Penyebaran hoax sering terjadi melalui berbagai bentuk konten seperti tulisan, gambar, dan video di platform media sosial, terutama Instagram dan Facebook. Oleh karena itu, peran guru BK sangat penting dalam membekali generasi muda dengan keterampilan membaca kritis dan analisis informasi agar dapat membedakan antara informasi sahih dan hoax, serta memerangi penyebaran hoax dan melindungi mereka dari dampak negatifnya karena dalam perspektif Bimbingan Konseling (BK), membaca kritis merupakan kecakapan hidup yang penting untuk dimiliki oleh siswa.
Guru Bimbingan Konseling (BK) memiliki peran krusial dalam memerangi hoax melalui pemberian keterampilan membaca kritis dan analisis informasi kepada siswa. Dengan demikian, guru BK menjadi garda terdepan dalam melindungi generasi muda dari dampak buruk hoax. Membangun benteng anti-hoaks bukanlah perkara mudah. Dibutuhkan upaya bersama dari berbagai pihak seperti guru BK, siswa, orang tua, dan masyarakat untuk meningkatkan literasi digital secara kuat dan bertanggung jawab.
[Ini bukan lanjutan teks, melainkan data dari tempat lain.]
// Names and their types, found by a hash.
ghost use Rattle.std.specs.Prelude.{◌≡◌, ◌++◌, ◌∷◌, [], take, length, OnOk, OnErr};
ghost use Rattle.std.specs.Option.{option_copied};
ghost use Rattle.c_typing.specs.declared.binding.Binding.{Binding};
ghost use Rattle.c_typing.specs.Names.{last_type};

use crate::binding::Binding;
use crate::numbers::Numbers;
use c_terms::{NoMemory, Text};
use c_types::Ty;
use std::alloc::Global;
use std::marker::Model;

/// A declared name, its type, and one more than the number of the entry before it that has the same name, or 0.
#[derive(Drop)]
struct Entry {
    name: Text,
    ty: Option<Ty>,
    before: usize,
}

/// Names and their types in the order of their declarations. The last of a name is found by a hash.
///
/// `lasts` has for each name one more than the number of its last entry, or 0. So to take back the last declaration takes one
/// step.
#[derive(Drop)]
pub(crate) struct Bindings {
    lasts: Numbers,
    entries: Vec<Entry>,
}

impl Model for Bindings {
    ghost use Rattle.std.specs.Prelude.{List};
    ghost use Rattle.std.specs.Coded.{codes};
    ghost use Rattle.c_types.specs.contracts.ty.Ty as ty;
    ghost use Rattle.c_typing.specs.declared.binding.Binding.{Binding as Datum};
    ghost use Rattle.c_typing.specs.Entries.{bindings_of, AreLinked};

    ghost Value = { List Datum };

    ghost coded = { Prim.hlevel (codes, ty.the_row.coded) };

    ghost view = { λ b. bindings_of b.entries.items };

    ghost invariant = { λ b. AreLinked b.lasts b.entries.items };
}

impl Bindings {
    pub(crate) fn new(alloc: Global) -> Bindings
        ensures { result ≡ [] }
    {
        Bindings {
            lasts: Numbers::new(alloc),
            entries: Vec::new(alloc),
        }
    }

    pub(crate) fn len(&self) -> usize
        ensures { result ≡ length self.now }
    {
        self.entries.len()
    }

    /// Appends a name. Two look-ups; linear in the name.
    pub(crate) fn push(&mut self, alloc: Global, binding: Binding) -> Result<(), NoMemory>
        ensures ok { OnOk result (self.new ≡ self.old ++ binding ∷ []) }
        ensures err { OnErr result (self.new ≡ self.old) }
    {
        let Binding { name, ty } = binding;
        let before = self.lasts.get(name.as_bytes());
        self.entries.reserve(1)?;
        let last = self.entries.len() + 1;
        self.lasts.put(alloc, name.as_bytes(), last)?;
        self.entries.push_reserved(Entry { name, ty, before });
        Ok(())
    }

    /// Takes back all but the first `len` names. One look-up for each.
    pub(crate) fn truncate(&mut self, len: usize)
        ensures { self.new ≡ take len self.old }
    {
        while self.entries.len() > len {
            let last = self.entries.len() - 1;
            let entry = &self.entries[last];
            self.lasts.set(entry.name.as_bytes(), entry.before);
            self.entries.truncate(last);
        }
    }

    /// Returns the type of the last declaration of the name, or nothing if it isn't declared. One look-up.
    #[tactic(auto, using(crate::proofs::EntryLemmas::found_some))]
    pub(crate) fn find(&self, name: &[u8]) -> Option<&Option<Ty>>
        ensures { option_copied result ≡ last_type self.now name.now }
    {
        let last = self.lasts.get(name);
        if last == 0 {
            return None;
        }
        Some(&self.entries[last - 1].ty)
    }
}
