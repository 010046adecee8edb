// Fields as they are looked up.
ghost use Rattle.std.specs.Prelude.{◌≡◌, IfOk};

use c_terms::{NoMemory, Text};
use std::alloc::Global;
use std::hash::{Hash, Hasher};

/// A field as it is looked up: whether it is one of a union, the tag, and the field's name.
#[derive(Drop)]
pub(crate) struct FieldKey {
    is_union: bool,
    tag: Text,
    name: Text,
}

impl FieldKey {
    pub(crate) fn of(
        alloc: Global,
        is_union: bool,
        tag: &[u8],
        name: &[u8],
    ) -> Result<FieldKey, NoMemory>
        ensures { IfOk result (λ key. key ≡ record { is_union = is_union; tag = tag.now; name = name.now }) }
    {
        Ok(FieldKey {
            is_union,
            tag: Text::from_bytes(alloc, tag)?,
            name: Text::from_bytes(alloc, name)?,
        })
    }
}

impl PartialEq for FieldKey {
    ghost use Rattle.std.proofs.Common.{rules};
    ghost use Rattle.std.specs.Cmp.Rules.{comparing};
    ghost use Rattle.c_typing.specs.Fields.{same_key};

    ghost eq = { same_key };

    ghost laws = { Prim.search (comparing, rules) };

    fn eq(&self, other: &FieldKey) -> bool {
        self.is_union == other.is_union
            && self.tag.as_bytes() == other.tag.as_bytes()
            && self.name.as_bytes() == other.name.as_bytes()
    }
}

impl Eq for FieldKey {
    ghost use Rattle.std.proofs.Common.{rules};
    ghost use Rattle.std.specs.Cmp.Rules.{comparing};

    ghost laws = { Prim.search (comparing, rules) };
}

impl Hash for FieldKey {
    ghost use Rattle.std.proofs.Common.{rules};
    ghost use Rattle.std.specs.Cmp.Rules.{hashing};
    ghost use Rattle.c_typing.specs.Fields.{key_input};

    ghost hash_input = { key_input };

    ghost respects_eq = { Prim.search (hashing, rules) };

    fn hash<H: Hasher>(&self, state: &mut H) {
        self.is_union.hash(state);
        self.tag.as_bytes().hash(state);
        self.name.as_bytes().hash(state);
    }
}
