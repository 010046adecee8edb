//! The types of the expressions of an item, as far as the declarations of its file give them.
//!
//! - [`declared`] returns the type that a declaration gives to the name in one of its declarators.
//!   [`declarator_name`] returns the name.
//! - [`Scope`] has the names and fields that the items of a file have declared so far.
//! - [`annotate`] returns the types of the expressions of an item, and its local names, in time linear in the item, as a table of
//!   c_types.
//!
//! In `struct s { struct s *n; }; void f(struct s *p, int q) { g(p->n, q); }` the arguments of `g` have the types
//! `struct s *` and `int`, and `g(p->n, q)` has none, since `g` isn't declared.
//!
//! Types are compared as they are written: typedefs aren't opened, no conversion of C is made, and qualifiers don't count. An
//! expression whose type isn't known from the declarations of the file has none. Trees come from c_file. Which
//! expressions a pattern takes is for the crates above.
#![tactic(auto)]

mod base;
mod binding;
mod bindings;
mod declaration;
mod declarator;
mod expression;
mod field;
mod key;
mod local;
mod numbers;
mod part;
mod scope;

pub use declarator::{declarator_name, declared};
pub use part::annotate;
pub use scope::Scope;
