// The type of an expression, given the types of its parts.
ghost use Rattle.std.specs.Prelude.{◌≡◌, IfOk, [], ◌∷◌};
ghost use Rattle.std.specs.Option.{option_copied, option_and_then, option_flatten};
ghost use Rattle.c_types.specs.declared.ty.Ty.{out-Ty};
ghost use Rattle.c_types.specs.Types.{element, target, called};
ghost use Rattle.c_typing.specs.Expressions as spec;

use crate::base::{kids, one_word, text_at};
use crate::declarator::declared;
use crate::field::Fields;
use c_terms::{Label, NoMemory, Text, Tree, same_text};
use c_types::{Ty, called, copy_type, element, same_type, target};
use sqlite_items::Boxed;
use std::alloc::Global;

/// Returns the type, if it is known.
pub(crate) fn flat(found: Option<&Option<Ty>>) -> Option<&Ty>
    ensures { option_copied result ≡ option_flatten (option_copied found.entry) }
{
    match found {
        Some(ty) => ty.as_ref(),
        None => None,
    }
}

/// Returns the type of child `i`, if it has one.
pub(crate) fn type_at(types: &[Option<Ty>], i: usize) -> Option<&Ty>
    ensures { option_copied result ≡ spec.type_at types.now i }
{
    flat(types.get(i))
}

/// Returns what the type of child `i` points to, or is an array of.
fn element_at(types: &[Option<Ty>], i: usize) -> Option<&Ty>
    ensures { option_copied result ≡ option_and_then element (spec.type_at types.now i) }
{
    match type_at(types, i) {
        Some(ty) => element(ty),
        None => None,
    }
}

/// Returns what the type of child `i` points to.
fn target_at(types: &[Option<Ty>], i: usize) -> Option<&Ty>
    ensures { option_copied result ≡ option_and_then target (spec.type_at types.now i) }
{
    match type_at(types, i) {
        Some(ty) => target(ty),
        None => None,
    }
}

/// Returns what a function of the type of child `i` returns.
fn called_at(types: &[Option<Ty>], i: usize) -> Option<&Ty>
    ensures { option_copied result ≡ option_and_then called (spec.type_at types.now i) }
{
    match type_at(types, i) {
        Some(ty) => called(ty),
        None => None,
    }
}

/// Returns the type `int`.
fn int_type(alloc: Global) -> Result<Option<Ty>, NoMemory>
    ensures { IfOk result (λ ty. ty ≡ spec.int_type) }
{
    Ok(Some(Ty::Basic(one_word(alloc, b"int")?)))
}

/// Returns the type `size_t`.
fn size_type(alloc: Global) -> Result<Option<Ty>, NoMemory>
    ensures { IfOk result (λ ty. ty ≡ spec.size_type) }
{
    Ok(Some(Ty::Named(Text::from_bytes(alloc, b"size_t")?)))
}

/// Returns the type of a field of a structure or union of this type.
fn member_in<'f>(
    alloc: Global,
    fields: &'f Fields,
    of: &Ty,
    name: &[u8],
) -> Result<Option<&'f Ty>, NoMemory>
    ensures { IfOk result (λ found. option_copied found ≡ spec.member_in fields.now (out-Ty of.now) name.now) }
{
    match of {
        Ty::Tag(is_union, tag) => {
            let found = fields.find(alloc, *is_union, tag.as_bytes(), name)?;
            Ok(flat(found))
        }
        _ => Ok(None),
    }
}

/// Returns the type of a field of a structure or union of this type, if the type is known.
fn member_type<'f>(
    alloc: Global,
    fields: &'f Fields,
    of: Option<&Ty>,
    name: &[u8],
) -> Result<Option<&'f Ty>, NoMemory>
    ensures { IfOk result (λ found. option_copied found ≡ spec.member_type fields.now (option_copied of.entry) name.now) }
{
    match of {
        Some(ty) => member_in(alloc, fields, ty, name),
        None => Ok(None),
    }
}

/// Returns the type of both, if they have the same.
fn common<'t>(a: Option<&'t Ty>, b: Option<&Ty>) -> Option<&'t Ty>
    ensures { option_copied result ≡ spec.common (option_copied a.entry) (option_copied b.entry) }
{
    match a {
        None => None,
        Some(x) => match b {
            None => None,
            Some(y) => { if same_type(x, y) { Some(x) } else { None } }
        },
    }
}

/// Returns the type of an operation with one operand.
fn unary_type(alloc: Global, sign: &[u8], of: Option<&Ty>) -> Result<Option<Ty>, NoMemory>
    ensures { IfOk result (λ ty. ty ≡ spec.unary_type sign.now (option_copied of.entry)) }
{
    if same_text(sign, b"!") {
        return int_type(alloc);
    }
    match of {
        Some(ty) => {
            if same_text(sign, b"*") {
                return copy_type(alloc, element(ty));
            }
            if same_text(sign, b"&") {
                return Ok(Some(Ty::Ptr(Boxed::new(alloc, ty.copy(alloc)?)?)));
            }
            Ok(None)
        }
        None => Ok(None),
    }
}

/// Whether an operation with this sign answers yes or no.
fn is_test(sign: &[u8]) -> bool
    ensures { result ≡ spec.is_test sign.now }
{
    same_text(sign, b"&&")
        || same_text(sign, b"||")
        || same_text(sign, b"==")
        || same_text(sign, b"!=")
        || same_text(sign, b"<")
        || same_text(sign, b">")
        || same_text(sign, b"<=")
        || same_text(sign, b">=")
}

/// Returns the type of an operation with two operands.
fn binary_type(alloc: Global, sign: &[u8]) -> Result<Option<Ty>, NoMemory>
    ensures { IfOk result (λ ty. ty ≡ spec.binary_type sign.now) }
{
    if is_test(sign) {
        int_type(alloc)
    } else {
        Ok(None)
    }
}

/// Returns the type that a type name names.
fn type_named(alloc: Global, name: Option<&Tree>) -> Result<Option<Ty>, NoMemory>
    ensures { IfOk result (λ ty. ty ≡ spec.type_named (option_copied name.entry)) }
{
    match name {
        Some(name) => named_by(alloc, kids(name)),
        None => Ok(None),
    }
}

/// Returns the type that specifiers and perhaps a declarator name.
fn named_by(alloc: Global, parts: &[Tree]) -> Result<Option<Ty>, NoMemory>
    ensures { IfOk result (λ ty. ty ≡ spec.named_by parts.now) }
{
    match parts.get(0) {
        Some(specs) => declared(alloc, specs, parts.get(1)),
        None => Ok(None),
    }
}

/// Returns the type of an expression with this label, given the types of its children. Takes no more than one step and one
/// look-up beside what the type takes.
pub(crate) fn branch_type(
    alloc: Global,
    fields: &Fields,
    label: Label,
    children: &[Tree],
    types: &[Option<Ty>],
) -> Result<Option<Ty>, NoMemory>
    ensures { IfOk result (λ ty. ty ≡ spec.branch_type fields.now label children.now types.now) }
{
    match label {
        Label::PostOp | Label::Assign => copy_type(alloc, type_at(types, 0)),
        Label::Paren | Label::PreOp => copy_type(alloc, type_at(types, 1)),
        Label::Comma => copy_type(alloc, type_at(types, 2)),
        Label::Index => copy_type(alloc, element_at(types, 0)),
        Label::Call => copy_type(alloc, called_at(types, 0)),
        Label::Member => {
            let found = member_type(alloc, fields, type_at(types, 0), text_at(children, 2))?;
            copy_type(alloc, found)
        }
        Label::Arrow => {
            let of = target_at(types, 0);
            let found = member_type(alloc, fields, of, text_at(children, 2))?;
            copy_type(alloc, found)
        }
        Label::Cond => copy_type(alloc, common(type_at(types, 2), type_at(types, 4))),
        Label::Unary => unary_type(alloc, text_at(children, 0), type_at(types, 1)),
        Label::Binary => binary_type(alloc, text_at(children, 1)),
        Label::Cast | Label::Literal => type_named(alloc, children.get(1)),
        Label::SizeofExpr | Label::SizeofType => size_type(alloc),
        _ => Ok(None),
    }
}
Melalui kerjasama dan edukasi yang komprehensif, kita dapat melangkah maju menuju masyarakat yang lebih cerdas dalam menyikapi informasi dan terbebas dari pengaruh hoax yang merusak.
Metode penelitian yang digunakan dalam penelitian ini adalah studi literatur. Studi literatur merupakan metode penelitian yang digunakan untuk mengumpulkan dan menganalisis informasi yang telah dipublikasikan sebelumnya dalam bentuk buku, jurnal ilmiah, artikel, laporan, dan sumber-sumber lainnya. Dalam konteks paragraf tersebut, studi literatur dapat digunakan untuk mengumpulkan data dan informasi tentang permasalahan hoax atau berita palsu, dampaknya terhadap masyarakat dan generasi muda, serta solusi yang telah diusulkan untuk mengatasi masalah tersebut.
Melalui studi literatur, peneliti dapat meneliti berbagai sumber yang relevan untuk memahami lebih dalam tentang fenomena hoax, termasuk penyebab, mekanisme penyebarannya, dan dampaknya. Selain itu, peneliti juga dapat menemukan berbagai solusi dan strategi yang telah diajukan oleh para ahli atau praktisi dalam bidang pendidikan dan bimbingan konseling untuk mengatasi masalah penyebaran hoax, seperti peningkatan literasi digital, pembekalan keterampilan membaca kritis, dan kerjasama antara guru BK, siswa, orang tua, dan masyarakat.